Here's an interesting bug that was just recently fixed, and someone actually hit it today, so it's time to blog it.

Bottom line is that if you're doing NOLOCK scans of tables involving LOB data, the perfmance might suck. 2005 SP3 CU3 has the bug fix, but unfortunately the KB article was written by someone who didn't seem to know what they were talking about, so I suggested it was rewritten, which it has been (but not republished yet). The original KB article is at http://support.microsoft.com/kb/961049/. It's also fixed in 2008, but I don't know which build (I believe CU4 at least).

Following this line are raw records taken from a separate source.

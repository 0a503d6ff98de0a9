//! Where Execute seeks a script.

use ados_assign::Assigns;
use ados_find::is_path;
use ados_names::Path;
use ados_ram::{Place, Ram};
use ados_text::{NoMemory, Stop, Text};
use std::alloc::Global;

/// The places at which Execute seeks the script of a name, from a directory: at the first one at which something is it finds that. That
/// of a path is one, and for a name alone the second one is in S:.
pub fn script_places(
    alloc: Global,
    assigns: &Assigns,
    files: &Ram,
    directory: &Place,
    name: &Text,
) -> Result<Vec<Place>, NoMemory> {
    let mut places = Vec::new(alloc);
    let Some(place) = place_of(alloc, assigns, files, directory, name)? else {
        return Ok(places);
    };
    places.push(place)?;
    if is_path(name) {
        return Ok(places);
    }
    let mut path = Text::from_bytes(alloc, b"S:")?;
    path.push_bytes(name.as_bytes())?;
    if let Some(place) = place_of(alloc, assigns, files, directory, &path)? {
        places.push(place)?;
    }
    Ok(places)
}

// The place to which a path leads from a directory, if it leads to one.
fn place_of(
    alloc: Global,
    assigns: &Assigns,
    files: &Ram,
    directory: &Place,
    path: &Text,
) -> Result<Option<Place>, NoMemory> {
    let found = match Path::parse(alloc, path) {
        Ok(path) => assigns.resolve(&path, directory, files),
        Err(stop) => Err(stop),
    };
    match found {
        Ok(place) => Ok(Some(place)),
        Err(Stop::NoMemory) => Err(NoMemory),
        Err(Stop::Refused(_)) => Ok(None),
    }
}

Here's my explanation of the problem.

LOB data can be stored in-row or off-row (my previous LOB post Importance of choosing the right LOB storage technique has more details). When it's stored off-row, it must be accessed by first reading the pointer to the LOB data from the data/index record, and then following the pointer (remember that 'record' is synonymous with 'row'). When a LOB data value is updated, the off-row value is updated first, and then if the off-row link changed, the data/index record is updated with the new link. There's obvioulsy a window here, where someone reading the data/index record might see the wrong/non-existent off-row pointer. This is exactly what can happen when a NOLOCK scan occurs.

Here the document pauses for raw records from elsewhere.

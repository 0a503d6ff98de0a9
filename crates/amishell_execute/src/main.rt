//! The program: one command script of this machine, run by the Shell of AmigaDOS Release 2 in one command.
#![tactic(auto)]

ghost use Rattle.std.specs.Prelude.{◌≡◌, [], OnOk};
ghost use Rattle.ados_launch.specs.Agreement.{Agrees};
ghost use Rattle.amishell_execute.specs.Status.{exit_status, number_of};

mod alone;
mod beginning;
mod begun;
mod between;
mod called;
mod callees;
mod checks;
mod deadline;
mod delivery;
mod descriptors;
mod due;
mod ending;
mod ends;
mod error_codes;
mod faults;
mod given_script;
mod home;
mod host_faults;
mod hosts;
mod inspection_lines;
mod inspections;
mod launcher;
mod losses;
mod lost_jumps;
mod missing_devices;
mod origins;
mod outcome;
mod pace;
mod play;
mod reader;
mod refusals;
mod script_places;
mod script_turn;
mod share;
mod stands;
mod status;
mod teller;
mod top_paths;
mod trail;
mod unanswered;
mod watched;

use ados_launch::{Counted, End};
use ados_ram::Place;
use ados_text::{NoMemory, Text};
use ados_trace::Traced;
use ados_transfer::{Lines, Plan, bring, bring_script};
use ados_world::World;
use begun::pass_tick;
use checks::Checks;
use deadline::Deadline;
use descriptors::held_descriptors;
use ending::Ending;
use error_codes::{ErrorCode, error_codes};
use execute_options::{Config, Options, Refused, asked_options, given_words, typed_matches};
use faults::{Fault, not_brought, report};
use given_script::read_checked;
use hosts::{hosts_for, world_with};
use inspections::inspect_all;
use losses::Kept;
use origins::Origins;
use play::{Script, play};
use share::Share;
use status::Status;
use std::io::{Eprint, Write};
use std::process::{ExitCode, Processes};
use std::rt::{Env, Files};
use std::time::{Clock, SystemTime};
use std::{fs, io};
use teller::Teller;
use trail::Trail;
use watched::Watched;

fn main(rt: HostRuntime) -> ExitCode {
    let _held = held_descriptors(&rt);
    let done = run(&rt);
    ExitCode::from(settle(&rt, done).number())
}

// The exit status of what was done; a fault is reported.
pub(crate) fn settle<R: AllocGlobal + Eprint>(rt: &R, done: Result<Status, Fault>) -> Status
    ensures { number_of result ≡ exit_status done }
{
    match done {
        Ok(status) => status,
        Err(fault) => {
            report(rt, &fault);
            fault.status()
        }
    }
}

// Does what the words ask for, and gives the exit status.
fn run<R: Env + AllocGlobal + Files + Input + Print + Eprint + Processes + Clone + Drop + Clock>(
    rt: &R,
) -> Result<Status, Fault> {
    let words = given_words(rt)?;
    let typed = match typed_matches(rt.alloc(), &words) {
        Ok(typed) => typed,
        Err(refused) => return answer(rt, refused),
    };
    let config = Config::find(rt, &typed)?;
    match asked_options(rt.alloc(), typed, &config) {
        Ok(options) if options.check => inspect_all(rt, &options),
        Ok(options) => execute(rt, &options),
        Err(refused) => answer(rt, refused),
    }
}

// What follows where the words are not run: the help or the version is written, or there is a fault.
fn answer<R: Print>(rt: &R, refused: Refused) -> Result<Status, Fault> {
    match refused {
        Refused::Help(text) => show(rt, &text),
        Refused::BadLine(reason) => Err(Fault::BadLine(reason)),
        Refused::NoMemory => Err(Fault::Memory),
    }
}

// Writes the help or the version.
fn show<R: Print>(rt: &R, text: &Text) -> Result<Status, Fault> {
    match io::writer(rt).write_all(text.as_bytes()) {
        Ok(()) => Ok(Status::Done),
        Err(_) => Err(Fault::Write),
    }
}

// Runs the script in a new world, and gives the exit status.
#[tactic(auto, using(ados_launch::proofs::NewPair::new_pair))]
fn execute<
    R: Env + AllocGlobal + Files + Input + Print + Eprint + Processes + Clone + Drop + Clock,
>(rt: &R, options: &Options<'_>) -> Result<Status, Fault> {
    let hosts = hosts_for(rt, options)?;
    let mut world = world_with(rt.alloc(), options.dialect, hosts.as_slice())?;
    let errors = error_codes(rt.alloc(), options.errors.as_slice(), hosts.as_slice())?;
    let mut share = opened(rt, options, &mut world)?;
    run_script(rt, options, errors.as_slice(), &mut world, &mut share)
}

// The folders that are shared, if any are.
pub(crate) fn opened<R: Env + AllocGlobal + Files + Clone + Drop + Clock>(
    rt: &R,
    options: &Options<'_>,
    world: &mut World,
) -> Result<Option<Share>, Fault>
    requires agrees { Agrees world.old [] }
    ensures agrees { OnOk result (Agrees world.new []) }
{
    if options.share.is_empty() {
        return Ok(None);
    }
    let share = Share::open(rt, options.share.as_slice(), options.mirror, world)?;
    Ok(Some(share))
}

// Runs the script, takes what is asked for, and gives the exit status.
fn run_script<
    R: Env + AllocGlobal + Files + Input + Print + Eprint + Processes + Clone + Drop + Clock,
>(
    rt: &R,
    options: &Options<'_>,
    errors: &[ErrorCode],
    world: &mut World,
    share: &mut Option<Share>,
) -> Result<Status, Fault>
    requires agrees { Agrees world.old [] }
{
    let begun = SystemTime::now(rt).ok();
    let mut plan = Plan::new(rt.alloc(), options.mirror.limits, world.files())?;
    let place = add_files(rt, options, world, &mut plan)?;
    let lines = lines_for(rt, options, share.as_ref(), &plan, &place)?;
    let origins = origins_of(rt, options, &plan, share.as_ref())?;
    let kept = Kept::new(rt.alloc(), world.files(), plan.planned(), &place)?;
    let script = Script {
        planned: plan.planned(),
        lines: &lines,
        turns: options.turns,
        at_end: options.at_end,
        deadline: Deadline::after(rt, options.seconds),
        errors,
        checks: Checks::new(options.lenient, &origins, &place)?,
        teller: Teller::new(&origins, options.quiet),
        origins: &origins,
    };
    let traced = options.trace.then_some(&origins);
    pass_tick(rt, options, begun);
    let ended = play_watched(rt, world, script, share.as_mut(), traced);
    let ending = Ending {
        options,
        begun,
        origins: &origins,
        kept,
    };
    ending.finish(rt, world, share, ended)
}

// Runs the script. If there are names for the scripts here, each command is told before what it prints.
fn play_watched<R: AllocGlobal + Files + Input + Print + Eprint + Processes + Clone + Drop + Clock>(
    rt: &R,
    world: &mut World,
    script: Script<'_>,
    share: Option<&mut Share>,
    traced: Option<&Origins<'_>>,
) -> Result<End, Fault>
    requires agrees { Agrees world.old [] }
{
    let trail = Trail::new(rt.alloc())?;
    let inner = Counted::new(io::writer(rt));
    match traced {
        Some(origins) => {
            let inner = Traced::new(rt, origins, inner)?;
            let mut writer = Watched { inner, trail };
            play(rt, world, script, share, &mut writer)
        }
        None => {
            let mut writer = Watched { inner, trail };
            play(rt, world, script, share, &mut writer)
        }
    }
}

// By which paths the scripts are named.
pub(crate) fn origins_of<'a, R: AllocGlobal + Files>(
    rt: &R,
    options: &Options<'_>,
    plan: &'a Plan,
    share: Option<&Share>,
) -> Result<Origins<'a>, NoMemory> {
    let mut origins = Origins::new(rt.alloc(), plan.planned());
    if let Some(share) = share {
        origins.add_shares(rt, options.share.as_slice(), share.volumes())?;
    }
    Ok(origins)
}

// Plans what is brought in, the script last, and gives its place.
fn add_files<R: AllocGlobal + Files + Eprint + Clone + Drop>(
    rt: &R,
    options: &Options<'_>,
    world: &World,
    plan: &mut Plan,
) -> Result<Place, Fault> {
    for words in &options.bring {
        if let Err(fault) = bring(rt, world.files(), words, plan) {
            return Err(not_brought(rt, fault));
        }
    }
    for line in plan.lines() {
        report(rt, line);
    }
    let bytes = read_checked(rt, options)?;
    Ok(bring_script(rt, world.files(), options.script, &bytes, plan)?)
}

// The lines of the run.
fn lines_for<R: AllocGlobal>(
    rt: &R,
    options: &Options<'_>,
    share: Option<&Share>,
    plan: &Plan,
    script: &Place,
) -> Result<Lines, Fault> {
    let mut lines = Lines::bringing(rt.alloc(), plan.planned())?;
    if let Some(share) = share {
        lines.all.push(share.change_line(rt.alloc())?)?;
    }
    for line in &options.typed {
        lines.add_typed(rt.alloc(), line)?;
    }
    lines.add_call(rt.alloc(), script, options.args.as_slice(), options.quote)?;
    Ok(lines)
}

To mitigate the possibility of a NOLOCK scan trying to follow a bad off-row link, the old behavior was to scan all the IAM pages (see Inside the Storage Engine: IAM pages, IAM chains, and allocation units) for the table/index to make sure that the off-row link actually pointed to a page allocated to the table/index. If there are lots of IAM pages, this means lots of logical IOs, and poorly performing SELECT queries. And it does the scan once for *every row*. The person that hit it today had a 500 row select of ~20KB per row taking 20 seconds – 10MB of physical IOs and 30MB of logical IOs!

The fix is to make further use of an already existing in-memory cache of IAM pages to do a quick lookup of the right IAM page covering the GAM interval of the LOB page being read, without having to scan the whole IAM chain.

Hope this helps explain things, and track down perf problems for some of you.